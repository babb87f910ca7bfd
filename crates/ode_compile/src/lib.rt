//! A declared class, compiled: checked, within the limits, with a table and an alphabet for each of its triggers.
#![tactic(auto)]

mod compiling;
mod counting;
mod putting;
mod shrinking;
mod stop;
mod triggers;

pub use compiling::{Compiled, build_class, compile};
pub use counting::{piece_count, table_length};
pub use putting::put_behind;
pub use stop::CompileStop;
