// Records written, one a call, each directly after the pack so far at the front of a lent buffer
// (document 01, "Writing"); and a version's primary part alone. The lengths are computed and tested before
// the first byte is written; then comes the value, and then the header, which takes the value's hash in
// place.
#![tactic(auto)]

ghost use Rattle.std.specs.Prelude.{◌≡◌, true, ◌+◌, ◌≤◌, ◌<◌, length, take, drop};
ghost use mathlib.Core.List.{◌++◌, flatten};
ghost use Rattle.slices.specs.Overwriting.{overwritten};
ghost use Rattle.refusals.specs.Limit.{pack_limit};
ghost use Rattle.endian.specs.Numbers.{big_bytes};
ghost use Rattle.tlv.specs.Layout.{head, layout};
ghost use Rattle.msgpack_heads.specs.Heads.{text_head, binary_head, unsigned_integer, map_head};
ghost use Rattle.identifier.specs.Identity.{is_valid};
ghost use Rattle.identifier.specs.Ulid.{is_ulid};
ghost use Rattle.identifier.specs.Composite.{composite_text};
ghost use Rattle.held_identifier.specs.Held.{named};
ghost use Rattle.records.specs.Record.{block_tag, version_delete_tag};
ghost use Rattle.writer.specs.Values.{text_item, pair, primary_header, secondary_header, block_header, part_header, block_part, block_value, part_value, identity_pairs, version_part, delete_part};
ghost use Rattle.writer.specs.Putting.{Puts, told_place, field_bytes};
ghost use Rattle.writer.specs.Identifiers.{identity_by, TextsOf};
ghost use Rattle.writer.specs.Writing.{block, version, version_delete, pack_list, deletion, record_of, of_identity, answer_of, counted, Stores, written, buffer_after, version_part_of, part_written, part_after, StoresPart};

use held_identifier::Identifier;
use refusals::Unwritten;
use tlv::RecordHeader;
- - -
- _REQUIRED ACTION_
All lines in the records above that contain "counting" are to be reported.

- _EXERCISE RESULT_
mod counting;
pub use counting::{piece_count, table_length};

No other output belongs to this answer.